**ASSIGNED TASK:** For the data below, give again exactly the lines from the one containing "told(rt, what, *answer)?;" through the one containing "column says spot.", both ends included, and no others.

▬▬▬▬▬▬▬▬▬▬

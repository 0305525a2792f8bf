//! Where an alias was given.
ghost use Rattle.std.specs.Prelude.{◌≡◌, ◌<◌, true, length};
ghost use Rattle.plan.specs.Fields.{any};
ghost use Rattle.plan.specs.Model.{expr_in, tree_at};
ghost use Rattle.plan.specs.Tracing.{Traced, aliased, holds_alias, trace_asked};
ghost use Rattle.tables.specs.Holding.{model_of, plan_count, view_in};
ghost use Rattle.looking.specs.Looking.{Looked};
ghost use Rattle.stored.specs.Stored.{list_in, run_exprs};
ghost use Rattle.looking.specs.Tracing.{WalkedTo, found_plan};

use super::Reader;
use entries::listed::Listed;
use entries::node::{ExprId, ExprNode, PlanId};
use names::good_name;
use plan::fault::{Fault, Question, ask};
use stored::node::{PlanNode, Run};

impl Reader<'_> {
    /// Whether an expression is an alias of this name.
    fn is_aliased(self, e: ExprId, name: &[u8]) -> bool
        requires { e.0 < length (view_in self.tables.now).trees }
        ensures { result ≡ aliased name.now (expr_in (view_in self.entry.tables.now).trees e.0) }
    {
        match self.tables.terms().node(e) {
            ExprNode::Alias { field, .. } => name == self.tables.terms().word(field.name),
            _ => false,
        }
    }

    /// Whether one of a list is.
    fn any_aliased(self, list: Run, name: &[u8]) -> bool
        requires { list_in (view_in self.tables.now) list ≡ true }
        ensures { result ≡ any (aliased name.now) (run_exprs (view_in self.entry.tables.now) list) }
    {
        self.tables
            .terms()
            .entries(list)
            .iter()
            .any(|entry| self.is_aliased(ExprId::read(*entry), name))
    }

    /// Whether a node is a Projection with an alias of this name in its list.
    fn holds_alias(self, p: PlanId, name: &[u8]) -> bool
        requires { p.0 < plan_count self.tables.now }
        ensures { result ≡ holds_alias name.now (tree_at (model_of self.entry.tables.now) p.0) }
    {
        match self.tables.record_of(p).node {
            PlanNode::Projection { list, .. } => self.any_aliased(list, name),
            _ => false,
        }
    }

    /// The first node that does: a node before its inputs, and these from left to right.
    fn trace_from(self, p: PlanId, name: &[u8]) -> Option<PlanId>
        requires { p.0 < plan_count self.tables.now }
        ensures { WalkedTo (model_of self.entry.tables.now) p.0 name.now result }
    {
        if self.holds_alias(p, name) {
            return Some(p);
        }
        // A `for`: in `find_map` the function calls itself inside a closure. The check then asks for a measure of both, and
        // it stays open in the closure that there is an input at `k`.
        let count = self.tables.input_count(p);
        for k in 0..count {
            if let Some(q) = self.trace_from(self.tables.input_at(p, k), name) {
                return Some(q);
            }
        }
        None
    }

    /// The topmost Projection at or below a node whose list has an alias of this name, if there is one.
    pub fn trace(self, node: PlanId, name: &[u8]) -> Result<Option<PlanId>, Fault>
        ensures { Looked (trace_asked (model_of self.entry.tables.now) node.0 name.now) (λ a. Traced (model_of self.entry.tables.now) node.0 name.now (found_plan a)) result }
    {
        ask(self.tables.has(node), Question::Present)?;
        ask(good_name(name), Question::Named)?;
        Ok(self.trace_from(node, name))
    }
}
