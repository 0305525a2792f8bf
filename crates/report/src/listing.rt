//! A list of calls, performed one after the other whatever they are answered.
ghost use Rattle.book.specs.Opened.{book_of};
ghost use Rattle.rewriting.specs.Book.{Agree, Law};

use crate::telling::told;
use crate::versions::compared;
use book::opened::OpenBook;
use entries::node::PlanId;
use replay::act::{Act, Answer};
use replay::performing::replay;
use std::io;

/// What the calls of the list ask for, in their order.
const ASKED: [&str; 3] = [
    "swap the left input of the join for the version",
    "swap its right input for the version, of another origin",
    "limit the sort to 10 rows",
];

/// Goes on from the report with its bookings by a list of calls, and tells what each was answered.
pub fn perform_list(
    rt: &impl Print,
    book: &mut OpenBook,
    joined: PlanId,
    sorted: PlanId,
    version: PlanId,
) -> io::Result<()>
    ensures agree { Agree (book_of book.new) }
    ensures law { Law }
{
    let acts = [
        Act::Swap {
            node: joined,
            position: 0,
            input: version,
        },
        Act::Swap {
            node: joined,
            position: 1,
            input: version,
        },
        Act::Limit {
            input: sorted,
            skip: 0,
            count: 10,
        },
    ];
    let mut answers: [Answer; 3] = [Ok(0); 3];
    let performed = replay(book, &acts, &mut answers);
    println!(rt; "a list of calls: {performed} performed")?;
    for (what, answer) in ASKED.iter().zip(&answers).take(performed) {
        told(rt, what, *answer)?;
    }
    match answers[0] {
        Ok(number) => compared(rt, book, joined, PlanId(number)),
        Err(_) => Ok(()),
    }
}
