//! The kind of an event as a helper column, which a projection computes and a filter above it reads.
use crate::stopped::Stopped;
use crate::telling::made;
use crate::{EQUAL, GET_FIELD};
use book::opened::OpenBook;
use entries::node::{ExprId, PlanId};

/// The name of the helper column, with the prefix that is kept for such.
pub const HELPER: &str = "__datafusion_extracted_100000000";

/// The kind of an event.
pub fn kind_of(rt: &impl Print, book: &mut OpenBook, event: ExprId) -> Result<ExprId, Stopped> {
    let kind = made(rt, "text kind", book.text(b"kind"))?;
    made(rt, "call get_field", book.call(GET_FIELD, &[event, kind]))
}

/// The rows where the helper column says spot.
fn spots_of(rt: &impl Print, book: &mut OpenBook, rows: PlanId) -> Result<PlanId, Stopped> {
    let helper = made(
        rt,
        "reference to the helper column",
        book.reference(HELPER.as_bytes(), None),
    )?;
    let spot = made(rt, "text spot", book.text(b"spot"))?;
    let equal = made(rt, "call equal", book.call(EQUAL, &[helper, spot]))?;
    made(rt, "filter", book.filter(rows, equal))
}

/// Spots of the log by a helper column below the filter, and the columns of the log above it.
pub fn helped_spots(
    rt: &impl Print,
    book: &mut OpenBook,
    rows: PlanId,
    event: ExprId,
    kind: ExprId,
) -> Result<PlanId, Stopped> {
    let helper = made(
        rt,
        "alias of the helper column",
        book.alias(kind, HELPER.as_bytes(), None),
    )?;
    let start = made(
        rt,
        "reference log.start",
        book.reference(b"start", Some(b"log")),
    )?;
    let kinds = made(
        rt,
        "projection with it",
        book.projection(rows, &[helper, event, start]),
    )?;
    let spots = spots_of(rt, book, kinds)?;
    made(
        rt,
        "projection without it",
        book.projection(spots, &[event, start]),
    )
}
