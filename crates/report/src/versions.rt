//! Versions of a node by swaps, and what the book says of its nodes: whether two have one origin, and which gives a column
//! its name.
use crate::stopped::Stopped;
use crate::telling::{made, refused, told};
use book::opened::OpenBook;
use entries::node::PlanId;
use std::io;

/// A version of the report: its projection is swapped for a version that a swap of the rows for themselves made. A swap
/// for the rows, which have another origin, is refused.
pub fn version(
    rt: &impl Print,
    book: &mut OpenBook,
    report: PlanId,
    later: PlanId,
    rows: PlanId,
) -> Result<PlanId, Stopped> {
    let again = made(
        rt,
        "swap the input of the projection for itself",
        book.swap(later, 0, rows),
    )?;
    let version = made(
        rt,
        "swap the input of the filter for that version of it",
        book.swap(report, 0, again),
    )?;
    told(
        rt,
        "swap the input of the filter for the limit, of another origin",
        book.swap(report, 0, rows),
    )?;
    Ok(version)
}

/// Tells whether two nodes have one origin.
pub fn compared(rt: &impl Print, book: &OpenBook, a: PlanId, b: PlanId) -> io::Result<()> {
    print!(rt; "the same report of nodes {} and {}: ", a.0, b.0)?;
    match book.same_report(a, b) {
        Ok(true) => println!(rt; "yes, they have one origin"),
        Ok(false) => println!(rt; "not promised, they have two origins"),
        Err(f) => refused(rt, f),
    }
}

/// Tells which projection at or below a node gives a column its name.
pub fn traced(rt: &impl Print, book: &OpenBook, p: PlanId, name: &str) -> io::Result<()> {
    print!(rt; "trace {name} from node {}: ", p.0)?;
    match book.reader().trace(p, name.as_bytes()) {
        Ok(Some(projection)) => println!(rt; "node {}", projection.0),
        Ok(None) => println!(rt; "none"),
        Err(f) => refused(rt, f),
    }
}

▬▬▬▬▬▬▬▬▬▬

**RESPONSE:**
        told(rt, what, *answer)?;
    }
    match answers[0] {
        Ok(number) => compared(rt, book, joined, PlanId(number)),
        Err(_) => Ok(()),
    }
}
//! The kind of an event as a helper column, which a projection computes and a filter above it reads.
use crate::stopped::Stopped;
use crate::telling::made;
use crate::{EQUAL, GET_FIELD};
use book::opened::OpenBook;
use entries::node::{ExprId, PlanId};

/// The name of the helper column, with the prefix that is kept for such.
pub const HELPER: &str = "__datafusion_extracted_100000000";

/// The kind of an event.
pub fn kind_of(rt: &impl Print, book: &mut OpenBook, event: ExprId) -> Result<ExprId, Stopped> {
    let kind = made(rt, "text kind", book.text(b"kind"))?;
    made(rt, "call get_field", book.call(GET_FIELD, &[event, kind]))
}

/// The rows where the helper column says spot.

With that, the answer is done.